* Task prompt
When a line of the records contains "times", copy it.

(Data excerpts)
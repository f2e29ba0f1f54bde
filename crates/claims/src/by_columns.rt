ghost use Rattle.std.specs.Prelude.{◌≡◌, ◌≤◌, length};
ghost use Rattle.level.specs.Element.{width};
ghost use Rattle.multilinear.specs.Lent.{lent};
ghost use Rattle.multilinear.specs.Sums.{sum as sum_of};
ghost use Rattle.tensor_algebra.specs.Tensor.{nothing, by_columns};

use coordinates::clear;
use coordinates::per_coordinate::PerCoordinate;
use level::level::Level;

// The sum of columns, column v times weight v: the columns with their index, as a claim is defined. It is no `batch_rows`, which is the
// same sum of rows, since the claim is to be this loop.
fn weighed<L: Level>(columns: PerCoordinate<L>, weights: PerCoordinate<L>) -> L
    ensures { L.means result ≡ sum_of (width L.Level.log) (λ v. L.arithmetic.times (lent L.means columns.entry.elements.now v) (lent L.means weights.entry.elements.now v)) }
{
    let mut sum = L::zero();
    for (v, column) in columns.elements.iter().enumerate() {
        let weight = weights.elements[v];
        sum = sum.add(column.mul(weight));
    }
    sum
}

// The sum of a tensor's columns, column v times weight v. The columns are gathered into the scratch, d elements, which is left zero.
pub(crate) fn by_columns<L: Level>(
    tensor: PerCoordinate<L>,
    weights: PerCoordinate<L>,
    scratch: &mut [L],
) -> L
    requires { length scratch.old ≡ width L.Level.log }
    ensures value { L.means result ≡ by_columns L.arithmetic (lent L.means weights.entry.elements.now) (lent L.means tensor.entry.elements.now) }
    ensures scratch { lent L.means scratch.new ≡ nothing }
{
    tensor.columns(scratch);
    let sum = weighed(PerCoordinate { elements: scratch }, weights);
    clear(scratch);
    sum
}
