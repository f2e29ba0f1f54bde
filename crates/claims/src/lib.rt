// The claims that tensors over lent rows answer: the incoming claim and the successor claim, each a sum of columns times weights.
// Columns and weights go through lent scratch of d elements each, d the level's width, which is left zero.
// A slice that is written keeps a clause on its length: a struct over it would owe, in each function that writes, a clause that it is still
// the same slice.
#![tactic(auto)]

mod by_columns;
pub mod incoming;
pub mod successor;
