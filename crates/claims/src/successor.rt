ghost use Rattle.std.specs.Prelude.{◌≡◌, ℕ, ◌<◌, length};
ghost use Rattle.level.specs.Element.{width};
ghost use Rattle.multilinear.specs.Lent.{lent};
ghost use Rattle.multilinear.specs.Sums.{where_set};
ghost use Rattle.tensor_algebra.specs.Tensor.{nothing, by_columns};
ghost use Rattle.ring_switch.specs.Claims.{inside, successor_claim as claim};
ghost use Rattle.tensor.specs.SuccessorTensors.{carry_of, last_of};
ghost use Rattle.claims.specs.Rippled.{rippled};

use crate::by_columns::by_columns;
use columns::Columns;
use coordinates::clear;
use coordinates::per_coordinate::PerCoordinate;
use level::level::Level;
use tensor::successor_tensors::SuccessorTensors;

// x where the test holds, else zero.
#[tactic(auto, unfolding(multilinear::specs::Sums::where_set))]
fn where_set<L: Level>(test: bool, x: L) -> L
    ensures { L.means result ≡ where_set test (L.means x) }
{
    if test { x } else { L::zero() }
}

// Writes the weight of every column in the successor claim, from the equality table of the low coordinates: that of the bit before it
// in its row of 2^q bits, and its own again where it ends its row. The row variables are a number, as a view names them, and become `Columns`
// here.
pub fn successor_low_weights<L: Level>(eq_low: &[L], q: usize, out: &mut [L])
    requires { (q < 64) × (length out.old ≡ length eq_low.now) }
    ensures { (v : ℕ) → v < length eq_low.now → lent L.means out.new v ≡ inside (lent L.means eq_low.now) q v }
{
    let columns = Columns::new(q);

    // An index, since a weight is read off the entry at its place and the one before it.
    for (v, weight) in out.iter_mut().enumerate() {
        let first = columns.starts(v);
        let last = columns.ends(v);
        let before = where_set(!first, eq_low[v.saturating_sub(1)]);
        let own = where_set(last, eq_low[v]);
        *weight = before.add(own);
    }
}

// The columns of the tensor against their weights in the successor claim.
fn settled<L: Level>(
    tensor: PerCoordinate<L>,
    eq_low: PerCoordinate<L>,
    q: usize,
    columns: &mut [L],
    weights: &mut [L],
) -> L
    requires q { q < 64 }
    requires columns { length columns.old ≡ width L.Level.log }
    requires weights { length weights.old ≡ width L.Level.log }
    ensures value { L.means result ≡ by_columns L.arithmetic (inside (lent L.means eq_low.entry.elements.now) q) (lent L.means tensor.entry.elements.now) }
    ensures columns { lent L.means columns.new ≡ nothing }
    ensures weights { lent L.means weights.new ≡ nothing }
{
    successor_low_weights(eq_low.elements, q, weights);
    let sum = by_columns(tensor, PerCoordinate { elements: weights }, columns);
    clear(weights);
    sum
}

// What ripples out of an element, where rows are longer than one: the weight of its last bit times the first column of the carry and
// the last column of the last.
fn rippled<L: Level>(successor: Option<SuccessorTensors<L>>, eq_low: PerCoordinate<L>) -> L
    ensures { L.means result ≡ rippled L.arithmetic (lent L.means eq_low.entry.elements.now) (carry_of successor.entry) (last_of successor.entry) }
{
    match successor {
        None => L::zero(),
        Some(successor) => {
            let top = eq_low.elements.len() - 1;
            let settling = successor.carry.column(0).add(successor.last.column(top));
            eq_low.elements[top].mul(settling)
        }
    }
}

// The successor claim of a view with q row variables: the tensor's columns against their weights and, where rows are longer than an
// element, what ripples out of it; there all q have one weight for each column. Where no carry and last are given they are zero, and nothing
// ripples. The scratches for the columns and for the weights, d elements each, are left zero.
pub fn successor_claim<L: Level>(
    tensor: PerCoordinate<L>,
    successor: Option<SuccessorTensors<L>>,
    eq_low: PerCoordinate<L>,
    q: usize,
    columns: &mut [L],
    weights: &mut [L],
) -> L
    requires columns { length columns.old ≡ width L.Level.log }
    requires weights { length weights.old ≡ width L.Level.log }
    ensures value { L.means result ≡ claim L.arithmetic (lent L.means eq_low.entry.elements.now) q (lent L.means tensor.entry.elements.now) (carry_of successor.entry) (last_of successor.entry) }
    ensures columns { lent L.means columns.new ≡ nothing }
    ensures weights { lent L.means weights.new ≡ nothing }
{
    let absorbed = usize::from(L::log_width());
    let settled = settled(tensor, eq_low, q.min(absorbed + 1), columns, weights);
    if q > absorbed {
        settled.add(rippled(successor, eq_low))
    } else {
        settled
    }
}
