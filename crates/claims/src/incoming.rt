ghost use Rattle.std.specs.Prelude.{◌≡◌, length};
ghost use Rattle.level.specs.Element.{width};
ghost use Rattle.multilinear.specs.Lent.{lent};
ghost use Rattle.tensor_algebra.specs.Tensor.{nothing};
ghost use Rattle.ring_switch.specs.Claims.{incoming};

use crate::by_columns::by_columns;
use coordinates::per_coordinate::PerCoordinate;
use level::level::Level;

// The incoming claim: column v of the tensor times entry v of the equality table of the low coordinates, summed. The scratch for the
// columns, d elements, is left zero.
#[tactic(auto, unfolding(ring_switch::specs::Claims::incoming))]
pub fn incoming_claim<L: Level>(
    tensor: PerCoordinate<L>,
    eq_low: PerCoordinate<L>,
    columns: &mut [L],
) -> L
    requires { length columns.old ≡ width L.Level.log }
    ensures value { L.means result ≡ incoming L.arithmetic (lent L.means eq_low.entry.elements.now) (lent L.means tensor.entry.elements.now) }
    ensures columns { lent L.means columns.new ≡ nothing }
{
    by_columns(tensor, eq_low, columns)
}
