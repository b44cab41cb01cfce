//! Events that stay in memory, and many that are counted at once.

use super::{NUMBER, PC, VALUE, WORD, counts, hart};
use crate::{Loaded, Place, Stored};
use std::test::Fail;
use tv_base::{HartNo, Width};
use tv_isa::AmoOp;

/// A place with one word and one number, which lies in memory at `DATA`.
#[derive(Drop)]
struct Pocket {
    word: Option<u32>,
    number: u64,
}

impl Place for Pocket {
    ghost use Rattle.std.specs.Prelude.{None};
    ghost use Rattle.tv_hart.specs.declared.place.Loaded.TheVariants as loaded;
    ghost use Rattle.tv_hart.specs.declared.place.Stored.TheVariants as stored;

    ghost meaning = { record {
      fetch = λ p addr. p.word;
      load = λ p hart width addr. (loaded.Value p.number, p);
      store = λ p hart width addr value. (stored.Done, record p { number = value });
      amo = λ p hart width addr op value. (None, p);
      reserve = λ p hart width addr. (None, p);
      conditional = λ p hart width addr value. (None, p);
    } };

    ghost calm = { λ p q. Unit {0} };

    fn fetch(&mut self, _addr: u64) -> Option<u32> {
        self.word
    }

    fn load(&mut self, _hart: HartNo, _width: Width, _addr: u64) -> Loaded {
        Loaded::Value(self.number)
    }

    fn store(&mut self, _hart: HartNo, _width: Width, _addr: u64, value: u64) -> Stored {
        self.number = value;
        Stored::Done
    }

    fn number(&self, _width: Width, addr: u64) -> Option<u64> {
        (addr == DATA).then_some(self.number)
    }

    fn put_number(&mut self, _hart: HartNo, _width: Width, addr: u64, value: u64) -> bool {
        if addr != DATA {
            return false;
        }
        self.number = value;
        true
    }

    fn amo(
        &mut self,
        _hart: HartNo,
        _width: Width,
        _addr: u64,
        _op: AmoOp,
        _value: u64,
    ) -> Option<u64> {
        None
    }

    fn reserve(&mut self, _hart: HartNo, _width: Width, _addr: u64) -> Option<u64> {
        None
    }

    fn conditional(
        &mut self,
        _hart: HartNo,
        _width: Width,
        _addr: u64,
        _value: u64,
    ) -> Option<bool> {
        None
    }

    ghost stays = { λ p. tt };
}

/// The address of a number in memory.
const DATA: u64 = 0x8000_0000;

#[test]
fn plain_events_stay_in_memory(rt: HostRuntime) -> Result<(), Fail> {
    for (word, x5, plain, x7, pc, number) in [
        // add, auipc, jal -8, beq +16 that is taken, bne +16 that isn't, fence
        (0x006283b3, 2, true, VALUE + 2, PC + 4, NUMBER),
        (0xfffff397, 0, true, 0x8000_0000, PC + 4, NUMBER),
        (0xff9ff3ef, 0, true, PC + 4, PC - 8, NUMBER),
        (0x00628863, VALUE, true, 7, PC + 16, NUMBER),
        (0x00629863, VALUE, true, 7, PC + 4, NUMBER),
        (0x0ff0000f, 0, true, 7, PC + 4, NUMBER),
        // lw and sd in memory
        (0x0002a383, DATA, true, WORD, PC + 4, NUMBER),
        (0x0062b023, DATA, true, 7, PC + 4, VALUE),
        // lw and sd where no memory is, ld and sd that aren't aligned, jalr 1(x5) to such a target
        (0x0002a383, 0, false, 7, PC, NUMBER),
        (0x0062b023, 0, false, 7, PC, NUMBER),
        (0x0002b383, DATA + 4, false, 7, PC, NUMBER),
        (0x0062b023, DATA + 4, false, 7, PC, NUMBER),
        (0x001283e7, 0x8000_2001, false, 7, PC, NUMBER),
        // lr.w, sc.w, amoadd.w, csrrw mscratch, ecall, mret, and a word that is no instruction
        (0x1002a3af, DATA, false, 7, PC, NUMBER),
        (0x1862a3af, DATA, false, 7, PC, NUMBER),
        (0x0062a3af, DATA, false, 7, PC, NUMBER),
        (0x340293f3, 1, false, 7, PC, NUMBER),
        (0x00000073, 0, false, 7, PC, NUMBER),
        (0x30200073, 0, false, 7, PC, NUMBER),
        (0x00000000, 0, false, 7, PC, NUMBER),
    ] {
        let mut hart = hart(x5, VALUE);
        let mut place = Pocket {
            word: Some(word),
            number: NUMBER,
        };
        assert_eq!(rt; hart.plain(&mut place), plain, "{word}");
        assert_eq!(rt; (hart.registers[7], hart.pc), (x7, pc), "{word}");
        assert_eq!(rt; (place.number, counts(&hart)), (number, [0, 0]), "{word}");
    }
    Ok(())
}

#[test]
fn retired_events_are_counted_at_once(rt: HostRuntime) -> Result<(), Fail> {
    let mut hart = hart(0, 0);
    hart.csrs.write(0xb00, u64::MAX);
    hart.count(3);
    assert_eq!(rt; counts(&hart), [2, 3]);
    // the timer's interrupt, before and after it is let through
    assert!(rt; !hart.is_interrupted(0x80));
    hart.csrs.write(0x304, 0x80);
    hart.csrs.write(0x300, 8);
    assert!(rt; hart.is_interrupted(0x80));
    assert!(rt; !hart.is_interrupted(0));
    Ok(())
}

* Exercise solution
// The sum of columns, column v times weight v: the columns with their index, as a claim is defined. It is no `batch_rows`, which is the
    ensures { L.means result ≡ sum_of (width L.Level.log) (λ v. L.arithmetic.times (lent L.means columns.entry.elements.now v) (lent L.means weights.entry.elements.now v)) }
// The sum of a tensor's columns, column v times weight v. The columns are gathered into the scratch, d elements, which is left zero.
// The claims that tensors over lent rows answer: the incoming claim and the successor claim, each a sum of columns times weights.
// What ripples out of an element, where rows are longer than one: the weight of its last bit times the first column of the carry and
// The incoming claim: column v of the tensor times entry v of the equality table of the low coordinates, summed. The scratch for the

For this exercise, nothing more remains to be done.